Las Vegas climbed the ranks of large cities in the U.S. growing from 63rd largest in 1990 to 32nd by 2000. Since Census 2000, the City has continued to add population and climb the ranks of U.S. cities. According to the Census Bureau’s American Community Survey (ACS), Las Vegas had a population of 562,582, an increase of 17.5%, making it the 28th largest city in the U.S in 2007.


Las Vegas' rapid urbanization over the last forty years has put pressure on the area and its water supply. The city of Las Vegas is incorporated into Clark County with 5 neighboring cities, expanding into a megapolis in recent decades. It is accepted that the western region of the United States has grown to a degree that it is nearing the point where water may become scarce. By viewing the physical expansion from 1970 to the present using remote sensing technology, it is possible to see the spatial explosion. Public officials have been campaigning to change Las Vegas' image from a gambling mecca to a family oriented place to live as well as visit. In order to highlight the physical changes of the community as it expanded, it is possible to calculate the acreage shifts in land cover types for each year of imagery using unsupervised classification techniques.
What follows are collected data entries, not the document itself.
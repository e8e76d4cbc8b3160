//! Members of JSON objects.

ghost use Rattle.std.specs.Prelude.{◌≡◌, ◌∷◌, [], IfOk, decimal, string_bytes};
ghost use Rattle.json.specs.Token.{key, number, string};
ghost use Rattle.acq_json.specs.Written.{Puts, characters};

use json::Writer;
use std::alloc::{AllocError, Global};

/// Puts a member whose value is a text of these bytes, a character for each.
pub(crate) fn put_bytes(
    alloc: Global,
    writer: &mut Writer,
    name: &str,
    bytes: &[u8],
) -> Result<(), AllocError>
    ensures { Puts result writer.old writer.new
        (key name.now ∷ string (characters bytes.now) ∷ []) }
{
    let text = characters(alloc, bytes)?;
    put_text(writer, name, text.as_str())
}

/// Puts a member whose value is a text.
pub(crate) fn put_text(writer: &mut Writer, name: &str, text: &str) -> Result<(), AllocError>
    ensures { Puts result writer.old writer.new (key name.now ∷ string text.now ∷ []) }
{
    writer.key(name)?;
    writer.string(text)
}

/// Puts a member whose value is a number.
pub(crate) fn put_number(writer: &mut Writer, name: &str, value: u64) -> Result<(), AllocError>
    ensures { Puts result writer.old writer.new (key name.now ∷ number (decimal value) ∷ []) }
{
    writer.key(name)?;
    writer.u64(value)
}

/// A text of a character for each byte.
#[tactic(auto, using(crate::proofs::Characters::one_more_character))]
fn characters(alloc: Global, bytes: &[u8]) -> Result<String, AllocError>
    ensures { IfOk result (λ text. string_bytes text ≡ characters bytes.now) }
{
    let mut text = String::new(alloc);
    for byte in bytes {
        text.push(char::from(*byte))?;
    }
    Ok(text)
}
With a greater metropolitan population of more than two million, Las Vegas has in a generation transformed from desert resort to urban center, and city planners, at least until the current recession, expected another two million in the next decades. Such phenomenal expansion has provided opportunity for many newcomers, and the city’s boosters are legion. Las Vegas is now a sophisticated urban environment, combining high-end entertainment and recreation with the dining and shopping amenities of "lifestyle" economies. As such it is a complex 21st-century city. But it is also a simple boomtown, in the tradition of the American West towns that grow quickly with multitudes coming to strike it rich in industries like mining, but rarely staying to attend to the social or environmental costs.